The 40-year-old woman was pulled to safety by crews from the rubble of a building in southern Hatay province. Her identity remains unknown.
Rescuers unearthed three other survivors in the wreckage earlier in the day, including a 26-year-old woman in the same city, two brothers from the same mound of rubble in Kahramanmaraş province, and a teenager in Adıyaman.
Efforts are currently underway to dig out three sisters from another wreckage in Kahramanmaraş, local sources said.
Search teams are facing a race against the clock as experts caution that hopes of finding people alive in the debris dim with each passing day.
In Kahramanmaraş, near the quake's epicenter, excavators dug through mountains of twisted rubble as a rescue team recovered a body from the wreckage.

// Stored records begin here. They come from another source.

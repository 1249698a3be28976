//! Whether two texts say the same, and what differs if they don't.

ghost use Rattle.std.specs.Prelude.{◌≡◌, ◌↔◌, ◌++◌, IfOk, IsTrue, OnOk, [], map};
ghost use Rattle.tocmark_event.specs.Merged.{merged};
ghost use Rattle.tocmark_event.specs.declared.event.flags.ParserOptions.{ParserOptions};
ghost use Rattle.tocmark_event.specs.Text.{text_of};
ghost use Rattle.tocmark_event.specs.View.{event_view};
ghost use Rattle.tocmark_compare.specs.Given.{found_events, given_events};
ghost use Rattle.tocmark_judge.specs.LinkDefinitions.{link_defined};
ghost use Rattle.tocmark_judge.specs.Marks.{after_mark};
ghost use Rattle.tocmark_judge.specs.Same.{counted};
ghost use Rattle.tocmark_differences.specs.Erased.{erased};
ghost use Rattle.tocmark_differences.specs.First.{IsFirst};
ghost use Rattle.tocmark_differences.specs.Said.{SayTheSame, definition_event, definition_events, remaining_events, remaining_events_of};

use crate::align::differences_between;
use crate::allowed::Allowed;
use crate::difference::Difference;
use crate::erase::erased;
use crate::fold::folded;
use std::alloc::{AllocError, Global};
use tocmark_event::event::{CowStr, Event, LinkType, ParserOptions, Tag};
use tocmark_event::reader::Reading;
use tocmark_judge::PartReader;
use tocmark_judge::mark::without_mark;
use tocmark_reader::ReferenceDefinition;

/// An event beside its bytes in the text.
pub type Placed = (Event<'static>, (usize, usize));

/// What finds what texts say.
#[derive(Clone, Copy)]
struct Comparer<'c, R> {
    alloc: Global,
    reader: &'c R,
    flags: ParserOptions,
    allowed: Allowed,
}

/// A link definition as the start of a link.
fn definition_event(alloc: Global, definition: &ReferenceDefinition) -> Result<Placed, AllocError>
    ensures { IfOk result (λ pair. event_view text_of pair.0
        ≡ definition_event (link_defined definition.now)) }
{
    let tag = Tag::Link {
        link_type: LinkType::Reference,
        dest_url: CowStr::Owned(String::from_str(alloc, definition.destination.as_str())?),
        title: CowStr::Owned(String::from_str(alloc, definition.title.as_str())?),
        id: CowStr::Owned(String::from_str(alloc, definition.label.as_str())?),
    };
    Ok((Event::Start(tag), definition.place.whole))
}

/// Adds link definitions.
fn add_definitions(
    alloc: Global,
    events: &mut Vec<Placed>,
    definitions: &[ReferenceDefinition],
) -> Result<(), AllocError>
    ensures { OnOk result (given_events events.new.items ≡ given_events events.old.items
        ++ map definition_event (map link_defined definitions.now)) }
{
    for definition in definitions {
        events.push(definition_event(alloc, definition)?)?;
    }
    Ok(())
}

impl<R: PartReader> Comparer<'_, R> {
    /// The events that a reader finds in a text, with white space as it counts.
    fn counted_in(&self, text: &str) -> Result<Vec<Placed>, AllocError>
        ensures { IfOk result (λ events. given_events events.items
            ≡ counted self.now.allowed.wrap
            (found_events (R.reading self.now.reader.now text.now self.now.flags))) }
    {
        let reading = self.reader.read(self.alloc, text, self.flags)?;
        if self.allowed.wrap {
            return folded(self.alloc, &reading.events);
        }
        let Reading { events, .. } = reading;
        Ok(events)
    }

    /// The events of a text, and after them its link definitions, unless definitions may differ.
    fn counted_and_defined_in(&self, text: &str) -> Result<Vec<Placed>, AllocError>
        ensures { IfOk result (λ events. given_events events.items
            ≡ counted self.now.allowed.wrap
            (found_events (R.reading self.now.reader.now text.now self.now.flags))
            ++ definition_events self.now.allowed.definitions
            (R.definitions self.now.reader.now text.now self.now.flags)) }
    {
        let mut events = self.counted_in(text)?;
        if !self.allowed.definitions {
            let definitions = self.reader.read_definitions(self.alloc, text, self.flags)?;
            add_definitions(self.alloc, &mut events, &definitions)?;
        }
        Ok(events)
    }

    /// What a text after its byte order mark says, without what may differ.
    fn events_of(&self, text: &str) -> Result<Vec<Placed>, AllocError>
        ensures { IfOk result (λ events. merged (given_events events.items)
            ≡ remaining_events self.now.allowed
            (R.reading self.now.reader.now text.now self.now.flags)
            (R.definitions self.now.reader.now text.now self.now.flags)) }
    {
        let events = self.counted_and_defined_in(text)?;
        erased(self.alloc, self.allowed, &events)
    }
}

/// A text after its byte order mark; all of it, if it has none.
pub fn after_mark(text: &str) -> &str
    ensures { result.now ≡ after_mark text.now }
{
    match without_mark(text) {
        Some(rest) => rest,
        None => text,
    }
}

/// What differs between two texts. There is no difference exactly if both say the same: if a reader finds in both the same
/// events and the same link definitions but for what is allowed to differ (`same`). The first difference that is listed is where
/// both begin to say something else: before it are just the events that they have in common at their front (`first`). A byte
/// order mark at the front is no text.
///
/// It fails if memory runs out.
///
/// ```
/// let flags = ParserOptions::empty();
/// let found = compared(alloc, &CoreReader, flags, Allowed::nothing(), "*a*\n", "_a_\n")?;
/// assert!(rt; found.is_empty());
/// let found = compared(alloc, &CoreReader, flags, Allowed::nothing(), "a\n", "b\n")?;
/// assert_eq!(rt; found.len(), 1);
/// ```
pub fn compared<R: PartReader>(
    alloc: Global,
    reader: &R,
    flags: ParserOptions,
    allowed: Allowed,
    old: &str,
    new: &str,
) -> Result<Vec<Difference>, AllocError>
    ensures same { IfOk result (λ all. (all.items ≡ []) ↔ SayTheSame allowed flags
        (R.reading reader.now) (R.definitions reader.now) old.now new.now) }
    ensures first { IfOk result (λ all. IsFirst
        (remaining_events_of allowed flags (R.reading reader.now) (R.definitions reader.now) old.now)
        (remaining_events_of allowed flags (R.reading reader.now) (R.definitions reader.now) new.now)
        all.items) }
{
    let comparer = Comparer {
        alloc,
        reader,
        flags,
        allowed,
    };
    let (old, new) = (after_mark(old), after_mark(new));
    let (was, is) = (comparer.events_of(old)?, comparer.events_of(new)?);
    differences_between(alloc, (old, was), (new, is))
}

Factors vary, but experts say people trapped in the rubble of an earthquake can survive for up to a week or more. They emphasize it depends on their injuries, how they are trapped and the weather conditions.
Most rescues occur in the first 24 hours after a disaster. After that, survival chances drop as each day passes, experts said. Many victims are badly injured or buried by falling stones or other debris. Access to water and air to breathe are crucial factors, along with weather conditions.